# The data
---*---
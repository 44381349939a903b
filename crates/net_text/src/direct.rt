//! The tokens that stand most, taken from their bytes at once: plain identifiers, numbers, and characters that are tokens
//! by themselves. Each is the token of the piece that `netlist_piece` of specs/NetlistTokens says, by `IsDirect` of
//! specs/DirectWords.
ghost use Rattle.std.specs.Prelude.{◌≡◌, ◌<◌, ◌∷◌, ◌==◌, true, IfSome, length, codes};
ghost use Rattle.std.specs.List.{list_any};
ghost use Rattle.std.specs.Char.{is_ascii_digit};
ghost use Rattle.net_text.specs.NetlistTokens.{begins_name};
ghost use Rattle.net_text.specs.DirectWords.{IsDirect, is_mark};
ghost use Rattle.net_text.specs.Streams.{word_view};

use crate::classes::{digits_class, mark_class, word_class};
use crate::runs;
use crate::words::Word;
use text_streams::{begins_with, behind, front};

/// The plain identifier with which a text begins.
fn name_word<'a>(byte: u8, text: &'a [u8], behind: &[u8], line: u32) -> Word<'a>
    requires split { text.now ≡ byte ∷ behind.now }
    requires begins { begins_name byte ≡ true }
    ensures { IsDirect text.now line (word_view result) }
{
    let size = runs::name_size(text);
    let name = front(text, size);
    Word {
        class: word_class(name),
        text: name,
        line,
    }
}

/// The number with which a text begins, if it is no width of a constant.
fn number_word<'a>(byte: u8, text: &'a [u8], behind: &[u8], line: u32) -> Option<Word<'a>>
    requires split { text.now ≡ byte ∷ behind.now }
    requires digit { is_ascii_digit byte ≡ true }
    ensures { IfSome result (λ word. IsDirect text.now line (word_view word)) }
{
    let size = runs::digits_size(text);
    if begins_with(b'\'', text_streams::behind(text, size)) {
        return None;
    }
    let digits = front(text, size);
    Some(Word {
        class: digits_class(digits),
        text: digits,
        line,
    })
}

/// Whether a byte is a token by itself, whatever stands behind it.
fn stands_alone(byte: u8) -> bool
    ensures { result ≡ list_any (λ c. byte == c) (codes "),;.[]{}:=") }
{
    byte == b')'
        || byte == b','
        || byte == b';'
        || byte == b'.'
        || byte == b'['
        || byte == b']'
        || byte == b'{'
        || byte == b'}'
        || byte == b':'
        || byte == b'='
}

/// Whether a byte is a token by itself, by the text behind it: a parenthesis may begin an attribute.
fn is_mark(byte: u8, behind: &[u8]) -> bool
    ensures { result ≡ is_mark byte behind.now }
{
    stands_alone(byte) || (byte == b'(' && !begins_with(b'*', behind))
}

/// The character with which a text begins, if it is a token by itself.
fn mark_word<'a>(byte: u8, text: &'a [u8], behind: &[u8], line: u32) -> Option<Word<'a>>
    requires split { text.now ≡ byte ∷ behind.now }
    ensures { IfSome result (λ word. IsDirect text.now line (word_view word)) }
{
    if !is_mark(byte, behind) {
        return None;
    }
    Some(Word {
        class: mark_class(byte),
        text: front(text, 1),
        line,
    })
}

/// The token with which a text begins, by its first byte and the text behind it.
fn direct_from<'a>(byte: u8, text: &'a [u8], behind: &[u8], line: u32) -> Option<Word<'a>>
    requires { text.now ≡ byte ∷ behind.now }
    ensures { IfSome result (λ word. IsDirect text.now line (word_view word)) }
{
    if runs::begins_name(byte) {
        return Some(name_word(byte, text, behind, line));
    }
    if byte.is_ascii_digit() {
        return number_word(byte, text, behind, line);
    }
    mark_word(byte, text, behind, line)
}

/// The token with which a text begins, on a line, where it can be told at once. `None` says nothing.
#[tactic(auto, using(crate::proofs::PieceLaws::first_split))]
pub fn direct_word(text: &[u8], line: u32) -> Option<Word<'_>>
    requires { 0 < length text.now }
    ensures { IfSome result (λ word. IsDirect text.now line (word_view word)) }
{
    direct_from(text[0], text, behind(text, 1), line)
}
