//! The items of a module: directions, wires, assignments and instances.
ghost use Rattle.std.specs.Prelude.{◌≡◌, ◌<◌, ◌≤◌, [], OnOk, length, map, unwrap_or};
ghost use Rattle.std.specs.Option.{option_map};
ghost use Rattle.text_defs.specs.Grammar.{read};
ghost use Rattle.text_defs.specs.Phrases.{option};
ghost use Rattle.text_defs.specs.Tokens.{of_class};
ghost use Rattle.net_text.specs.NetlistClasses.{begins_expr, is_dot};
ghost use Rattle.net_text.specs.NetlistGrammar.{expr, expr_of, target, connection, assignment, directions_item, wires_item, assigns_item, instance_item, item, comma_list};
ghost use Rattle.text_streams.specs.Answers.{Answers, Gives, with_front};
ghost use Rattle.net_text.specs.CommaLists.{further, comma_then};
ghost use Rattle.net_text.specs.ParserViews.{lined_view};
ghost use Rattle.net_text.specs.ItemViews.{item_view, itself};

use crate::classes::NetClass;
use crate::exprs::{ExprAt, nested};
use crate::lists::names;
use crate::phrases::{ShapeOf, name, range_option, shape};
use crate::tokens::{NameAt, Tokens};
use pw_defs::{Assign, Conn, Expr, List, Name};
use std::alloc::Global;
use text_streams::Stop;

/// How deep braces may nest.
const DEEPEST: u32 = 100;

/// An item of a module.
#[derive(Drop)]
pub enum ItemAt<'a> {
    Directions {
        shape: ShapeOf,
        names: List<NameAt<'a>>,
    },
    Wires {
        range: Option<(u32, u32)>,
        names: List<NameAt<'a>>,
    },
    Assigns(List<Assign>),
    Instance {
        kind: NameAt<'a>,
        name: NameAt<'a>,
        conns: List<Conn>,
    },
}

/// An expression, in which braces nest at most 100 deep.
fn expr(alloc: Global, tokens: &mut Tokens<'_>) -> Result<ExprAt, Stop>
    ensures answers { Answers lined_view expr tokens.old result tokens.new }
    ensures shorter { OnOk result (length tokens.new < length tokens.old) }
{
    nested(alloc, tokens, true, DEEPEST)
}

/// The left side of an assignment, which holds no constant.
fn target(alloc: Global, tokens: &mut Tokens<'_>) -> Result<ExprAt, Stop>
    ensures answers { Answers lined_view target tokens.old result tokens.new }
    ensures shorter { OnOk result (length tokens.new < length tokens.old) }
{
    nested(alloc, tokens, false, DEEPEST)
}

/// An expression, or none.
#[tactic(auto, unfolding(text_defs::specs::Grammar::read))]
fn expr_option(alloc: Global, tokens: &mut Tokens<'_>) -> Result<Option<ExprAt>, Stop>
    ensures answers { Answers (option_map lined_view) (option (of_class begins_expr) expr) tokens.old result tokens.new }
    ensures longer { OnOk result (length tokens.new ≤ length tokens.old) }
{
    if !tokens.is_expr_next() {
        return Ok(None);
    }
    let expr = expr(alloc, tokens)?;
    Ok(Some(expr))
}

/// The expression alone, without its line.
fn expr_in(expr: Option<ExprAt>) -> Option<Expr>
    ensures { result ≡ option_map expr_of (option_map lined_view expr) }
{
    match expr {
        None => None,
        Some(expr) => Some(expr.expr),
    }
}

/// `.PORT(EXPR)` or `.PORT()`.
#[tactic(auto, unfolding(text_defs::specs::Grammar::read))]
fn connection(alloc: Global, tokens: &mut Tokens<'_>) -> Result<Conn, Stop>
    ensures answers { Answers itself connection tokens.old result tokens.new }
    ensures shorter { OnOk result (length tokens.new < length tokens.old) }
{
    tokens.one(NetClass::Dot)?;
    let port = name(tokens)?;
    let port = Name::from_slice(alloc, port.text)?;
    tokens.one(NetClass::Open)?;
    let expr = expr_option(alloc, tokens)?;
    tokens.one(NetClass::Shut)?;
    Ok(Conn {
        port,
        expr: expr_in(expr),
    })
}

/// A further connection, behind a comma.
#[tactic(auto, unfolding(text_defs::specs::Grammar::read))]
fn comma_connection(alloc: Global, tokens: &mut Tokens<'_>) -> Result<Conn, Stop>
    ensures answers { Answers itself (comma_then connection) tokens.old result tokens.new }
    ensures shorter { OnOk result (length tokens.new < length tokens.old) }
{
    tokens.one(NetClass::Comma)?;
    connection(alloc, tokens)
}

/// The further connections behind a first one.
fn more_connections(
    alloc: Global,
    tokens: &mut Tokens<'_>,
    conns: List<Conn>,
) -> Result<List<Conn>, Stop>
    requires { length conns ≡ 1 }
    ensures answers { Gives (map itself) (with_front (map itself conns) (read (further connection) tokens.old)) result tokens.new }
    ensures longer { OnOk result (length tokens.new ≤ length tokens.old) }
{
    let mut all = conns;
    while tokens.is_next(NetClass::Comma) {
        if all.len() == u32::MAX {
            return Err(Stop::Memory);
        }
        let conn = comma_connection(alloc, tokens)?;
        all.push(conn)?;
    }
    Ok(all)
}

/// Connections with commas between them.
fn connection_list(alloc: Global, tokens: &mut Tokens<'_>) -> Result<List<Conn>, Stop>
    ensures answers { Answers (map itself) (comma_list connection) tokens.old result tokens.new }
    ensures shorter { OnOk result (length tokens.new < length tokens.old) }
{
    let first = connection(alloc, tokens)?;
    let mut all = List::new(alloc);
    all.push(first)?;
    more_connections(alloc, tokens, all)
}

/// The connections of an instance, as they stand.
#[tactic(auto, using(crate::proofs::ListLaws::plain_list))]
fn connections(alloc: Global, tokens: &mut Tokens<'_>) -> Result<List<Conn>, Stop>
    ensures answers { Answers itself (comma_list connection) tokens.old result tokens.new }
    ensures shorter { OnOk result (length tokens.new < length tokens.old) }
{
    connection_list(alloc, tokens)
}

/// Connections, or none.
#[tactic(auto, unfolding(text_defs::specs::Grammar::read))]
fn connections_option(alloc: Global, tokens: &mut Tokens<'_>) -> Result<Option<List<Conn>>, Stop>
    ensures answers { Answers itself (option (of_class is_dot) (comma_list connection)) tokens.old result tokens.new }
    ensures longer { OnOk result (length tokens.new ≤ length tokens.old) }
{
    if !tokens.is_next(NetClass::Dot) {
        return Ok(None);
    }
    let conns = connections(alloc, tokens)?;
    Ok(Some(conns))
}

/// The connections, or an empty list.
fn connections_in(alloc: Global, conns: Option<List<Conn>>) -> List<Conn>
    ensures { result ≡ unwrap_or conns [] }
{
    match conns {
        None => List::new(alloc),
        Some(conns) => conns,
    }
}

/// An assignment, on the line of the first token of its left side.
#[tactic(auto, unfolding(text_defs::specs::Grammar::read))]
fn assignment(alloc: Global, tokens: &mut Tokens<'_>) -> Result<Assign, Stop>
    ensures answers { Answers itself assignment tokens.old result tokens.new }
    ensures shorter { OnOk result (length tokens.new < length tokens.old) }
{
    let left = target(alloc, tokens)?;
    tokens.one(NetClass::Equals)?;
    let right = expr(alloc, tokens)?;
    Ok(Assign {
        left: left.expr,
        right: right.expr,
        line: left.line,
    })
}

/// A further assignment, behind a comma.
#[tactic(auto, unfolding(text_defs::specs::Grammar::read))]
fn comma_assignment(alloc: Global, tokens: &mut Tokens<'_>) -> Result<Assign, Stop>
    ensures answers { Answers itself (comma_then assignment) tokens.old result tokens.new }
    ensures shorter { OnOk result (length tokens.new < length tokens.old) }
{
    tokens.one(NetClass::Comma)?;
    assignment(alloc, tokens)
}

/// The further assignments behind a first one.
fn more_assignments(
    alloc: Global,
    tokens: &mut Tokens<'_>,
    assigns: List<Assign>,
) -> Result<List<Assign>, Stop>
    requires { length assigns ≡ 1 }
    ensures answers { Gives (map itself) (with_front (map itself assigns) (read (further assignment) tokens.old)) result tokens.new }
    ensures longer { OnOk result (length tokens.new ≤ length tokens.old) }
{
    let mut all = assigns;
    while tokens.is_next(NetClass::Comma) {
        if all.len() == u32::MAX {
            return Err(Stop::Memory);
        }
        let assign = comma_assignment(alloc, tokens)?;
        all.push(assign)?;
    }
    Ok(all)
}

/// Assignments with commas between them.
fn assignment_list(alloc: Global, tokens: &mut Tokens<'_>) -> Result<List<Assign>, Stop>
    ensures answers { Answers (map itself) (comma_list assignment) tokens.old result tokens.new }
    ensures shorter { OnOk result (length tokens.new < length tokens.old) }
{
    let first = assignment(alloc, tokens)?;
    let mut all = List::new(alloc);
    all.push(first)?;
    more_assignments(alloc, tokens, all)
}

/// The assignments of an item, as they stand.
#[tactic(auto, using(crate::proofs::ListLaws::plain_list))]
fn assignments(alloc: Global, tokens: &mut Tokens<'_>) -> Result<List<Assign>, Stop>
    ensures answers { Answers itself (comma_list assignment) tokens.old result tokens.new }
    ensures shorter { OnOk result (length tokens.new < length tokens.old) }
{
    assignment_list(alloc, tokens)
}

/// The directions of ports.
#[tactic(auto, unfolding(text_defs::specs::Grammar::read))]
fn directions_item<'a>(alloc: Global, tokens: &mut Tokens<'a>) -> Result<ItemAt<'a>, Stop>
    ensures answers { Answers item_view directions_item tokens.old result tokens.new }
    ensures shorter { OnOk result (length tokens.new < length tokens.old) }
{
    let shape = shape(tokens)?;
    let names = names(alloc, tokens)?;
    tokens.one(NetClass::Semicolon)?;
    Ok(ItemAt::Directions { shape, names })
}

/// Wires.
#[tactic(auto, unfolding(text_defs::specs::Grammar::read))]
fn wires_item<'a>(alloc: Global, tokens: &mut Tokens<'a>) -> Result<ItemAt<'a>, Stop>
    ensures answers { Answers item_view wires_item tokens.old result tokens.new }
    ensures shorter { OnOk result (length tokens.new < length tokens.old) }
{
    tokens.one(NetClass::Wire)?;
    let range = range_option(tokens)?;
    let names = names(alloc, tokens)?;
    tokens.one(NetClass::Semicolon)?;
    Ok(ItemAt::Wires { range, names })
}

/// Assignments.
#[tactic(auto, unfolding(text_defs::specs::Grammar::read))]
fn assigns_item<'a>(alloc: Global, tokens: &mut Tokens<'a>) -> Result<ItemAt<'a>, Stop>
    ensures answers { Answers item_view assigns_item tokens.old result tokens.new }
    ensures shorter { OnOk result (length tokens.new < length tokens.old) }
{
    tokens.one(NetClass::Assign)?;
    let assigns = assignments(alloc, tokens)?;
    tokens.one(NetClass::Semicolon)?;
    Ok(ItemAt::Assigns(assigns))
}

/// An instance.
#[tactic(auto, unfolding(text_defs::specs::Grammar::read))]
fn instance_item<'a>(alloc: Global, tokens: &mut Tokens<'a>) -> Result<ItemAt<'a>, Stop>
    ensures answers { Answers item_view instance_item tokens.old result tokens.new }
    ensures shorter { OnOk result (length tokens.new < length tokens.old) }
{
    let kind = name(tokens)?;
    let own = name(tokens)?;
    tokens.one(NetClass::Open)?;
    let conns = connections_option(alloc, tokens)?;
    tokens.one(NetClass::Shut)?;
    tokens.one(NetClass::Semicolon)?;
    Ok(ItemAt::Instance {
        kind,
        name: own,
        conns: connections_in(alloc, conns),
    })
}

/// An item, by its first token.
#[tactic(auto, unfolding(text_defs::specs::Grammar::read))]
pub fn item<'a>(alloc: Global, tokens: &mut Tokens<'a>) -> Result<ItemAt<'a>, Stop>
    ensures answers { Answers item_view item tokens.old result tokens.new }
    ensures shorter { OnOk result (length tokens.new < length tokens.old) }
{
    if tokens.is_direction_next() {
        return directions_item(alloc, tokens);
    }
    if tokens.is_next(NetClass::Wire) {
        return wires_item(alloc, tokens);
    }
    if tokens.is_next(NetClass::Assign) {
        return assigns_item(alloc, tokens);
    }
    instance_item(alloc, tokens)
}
---*---
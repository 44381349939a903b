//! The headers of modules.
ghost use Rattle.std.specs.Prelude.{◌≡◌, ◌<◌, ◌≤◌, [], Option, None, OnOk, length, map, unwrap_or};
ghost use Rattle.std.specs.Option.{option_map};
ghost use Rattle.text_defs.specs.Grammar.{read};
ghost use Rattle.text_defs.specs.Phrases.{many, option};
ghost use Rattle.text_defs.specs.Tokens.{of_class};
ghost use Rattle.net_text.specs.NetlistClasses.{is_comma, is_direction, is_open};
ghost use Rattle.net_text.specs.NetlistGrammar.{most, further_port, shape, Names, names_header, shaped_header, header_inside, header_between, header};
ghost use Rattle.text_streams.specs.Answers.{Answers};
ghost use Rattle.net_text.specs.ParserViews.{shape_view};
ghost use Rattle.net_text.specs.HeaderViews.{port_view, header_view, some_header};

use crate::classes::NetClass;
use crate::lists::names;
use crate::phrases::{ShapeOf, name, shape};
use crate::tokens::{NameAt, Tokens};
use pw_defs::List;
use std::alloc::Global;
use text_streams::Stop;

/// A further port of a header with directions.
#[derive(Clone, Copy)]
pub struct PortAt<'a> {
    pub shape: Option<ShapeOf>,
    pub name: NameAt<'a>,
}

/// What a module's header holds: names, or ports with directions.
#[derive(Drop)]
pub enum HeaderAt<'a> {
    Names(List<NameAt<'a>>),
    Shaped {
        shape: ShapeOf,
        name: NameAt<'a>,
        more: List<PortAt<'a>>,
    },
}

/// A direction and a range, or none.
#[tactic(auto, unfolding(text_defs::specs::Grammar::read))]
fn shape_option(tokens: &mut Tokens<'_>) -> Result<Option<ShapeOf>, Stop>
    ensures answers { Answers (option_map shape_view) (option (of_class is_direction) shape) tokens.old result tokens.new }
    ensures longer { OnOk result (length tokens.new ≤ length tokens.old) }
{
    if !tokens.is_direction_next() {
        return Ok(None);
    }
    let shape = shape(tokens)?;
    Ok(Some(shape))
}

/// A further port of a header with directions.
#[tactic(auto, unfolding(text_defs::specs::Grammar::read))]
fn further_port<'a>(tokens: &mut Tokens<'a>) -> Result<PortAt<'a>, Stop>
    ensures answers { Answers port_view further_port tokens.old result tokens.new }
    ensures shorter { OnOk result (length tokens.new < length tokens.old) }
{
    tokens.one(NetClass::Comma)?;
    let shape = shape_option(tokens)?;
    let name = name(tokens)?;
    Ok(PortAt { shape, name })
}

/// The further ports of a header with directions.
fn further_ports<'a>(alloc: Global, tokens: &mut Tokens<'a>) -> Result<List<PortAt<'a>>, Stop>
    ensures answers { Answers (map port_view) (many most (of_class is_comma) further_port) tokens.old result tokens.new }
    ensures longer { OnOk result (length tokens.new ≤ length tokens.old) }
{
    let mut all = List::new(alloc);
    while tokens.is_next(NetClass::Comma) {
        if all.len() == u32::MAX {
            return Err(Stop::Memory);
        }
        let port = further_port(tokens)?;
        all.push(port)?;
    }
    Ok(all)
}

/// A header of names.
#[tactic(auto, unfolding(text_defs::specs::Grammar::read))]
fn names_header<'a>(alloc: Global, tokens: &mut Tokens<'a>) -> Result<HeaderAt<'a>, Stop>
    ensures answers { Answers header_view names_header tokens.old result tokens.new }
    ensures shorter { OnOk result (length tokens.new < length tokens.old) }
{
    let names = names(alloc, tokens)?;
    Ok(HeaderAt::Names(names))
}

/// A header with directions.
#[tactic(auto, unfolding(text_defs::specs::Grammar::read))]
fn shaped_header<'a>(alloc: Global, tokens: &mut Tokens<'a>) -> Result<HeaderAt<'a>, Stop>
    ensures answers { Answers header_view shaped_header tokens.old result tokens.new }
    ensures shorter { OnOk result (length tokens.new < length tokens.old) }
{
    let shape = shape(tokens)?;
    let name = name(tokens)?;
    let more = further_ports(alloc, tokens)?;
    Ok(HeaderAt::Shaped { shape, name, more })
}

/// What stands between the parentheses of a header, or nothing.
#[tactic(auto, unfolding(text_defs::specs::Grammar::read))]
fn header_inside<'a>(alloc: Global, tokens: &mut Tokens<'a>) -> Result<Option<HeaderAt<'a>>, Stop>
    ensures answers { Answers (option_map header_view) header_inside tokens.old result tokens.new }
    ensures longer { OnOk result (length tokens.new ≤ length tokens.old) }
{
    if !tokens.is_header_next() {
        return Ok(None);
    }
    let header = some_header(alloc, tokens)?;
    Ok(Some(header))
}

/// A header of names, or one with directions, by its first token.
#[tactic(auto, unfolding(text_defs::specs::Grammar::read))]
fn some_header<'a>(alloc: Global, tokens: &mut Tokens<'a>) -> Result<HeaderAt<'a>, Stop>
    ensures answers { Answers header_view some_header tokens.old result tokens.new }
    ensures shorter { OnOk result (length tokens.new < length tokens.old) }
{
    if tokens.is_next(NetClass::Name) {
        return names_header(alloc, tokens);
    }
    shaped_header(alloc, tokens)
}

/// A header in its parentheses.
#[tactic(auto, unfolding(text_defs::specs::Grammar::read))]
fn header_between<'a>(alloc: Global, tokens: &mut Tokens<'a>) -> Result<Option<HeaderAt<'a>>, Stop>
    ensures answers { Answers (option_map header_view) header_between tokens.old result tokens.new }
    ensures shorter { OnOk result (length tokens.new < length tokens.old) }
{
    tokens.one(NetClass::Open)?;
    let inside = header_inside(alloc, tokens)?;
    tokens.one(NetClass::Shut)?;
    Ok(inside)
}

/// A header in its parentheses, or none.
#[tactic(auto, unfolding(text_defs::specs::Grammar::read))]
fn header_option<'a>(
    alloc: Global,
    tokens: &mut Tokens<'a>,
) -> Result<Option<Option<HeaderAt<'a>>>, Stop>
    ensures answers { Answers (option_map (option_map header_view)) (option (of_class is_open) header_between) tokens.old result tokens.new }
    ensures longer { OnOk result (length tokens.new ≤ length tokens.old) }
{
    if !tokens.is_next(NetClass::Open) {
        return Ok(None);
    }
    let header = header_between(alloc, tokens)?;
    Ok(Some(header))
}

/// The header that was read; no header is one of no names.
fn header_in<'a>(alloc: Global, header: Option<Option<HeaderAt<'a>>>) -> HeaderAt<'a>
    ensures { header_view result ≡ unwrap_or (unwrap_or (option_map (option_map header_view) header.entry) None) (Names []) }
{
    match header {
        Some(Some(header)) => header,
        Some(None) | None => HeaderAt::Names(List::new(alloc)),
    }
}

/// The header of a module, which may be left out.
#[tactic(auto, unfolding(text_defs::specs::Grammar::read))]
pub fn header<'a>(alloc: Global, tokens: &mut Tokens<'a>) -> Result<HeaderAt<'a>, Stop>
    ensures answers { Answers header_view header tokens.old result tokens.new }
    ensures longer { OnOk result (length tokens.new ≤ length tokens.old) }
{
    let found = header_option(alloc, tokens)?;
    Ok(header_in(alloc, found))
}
---*---
# What this task involves
In the listing above, start at the line with "fn assignment(alloc: Global, tokens: &mut", go on through the line with "itself (comma_then assignment)", and copy each of those lines exactly; leave out all the rest.

# Output of the exercise
fn assignment(alloc: Global, tokens: &mut Tokens<'_>) -> Result<Assign, Stop>
    ensures answers { Answers itself assignment tokens.old result tokens.new }
    ensures shorter { OnOk result (length tokens.new < length tokens.old) }
{
    let left = target(alloc, tokens)?;
    tokens.one(NetClass::Equals)?;
    let right = expr(alloc, tokens)?;
    Ok(Assign {
        left: left.expr,
        right: right.expr,
        line: left.line,
    })
}

/// A further assignment, behind a comma.
#[tactic(auto, unfolding(text_defs::specs::Grammar::read))]
fn comma_assignment(alloc: Global, tokens: &mut Tokens<'_>) -> Result<Assign, Stop>
    ensures answers { Answers itself (comma_then assignment) tokens.old result tokens.new }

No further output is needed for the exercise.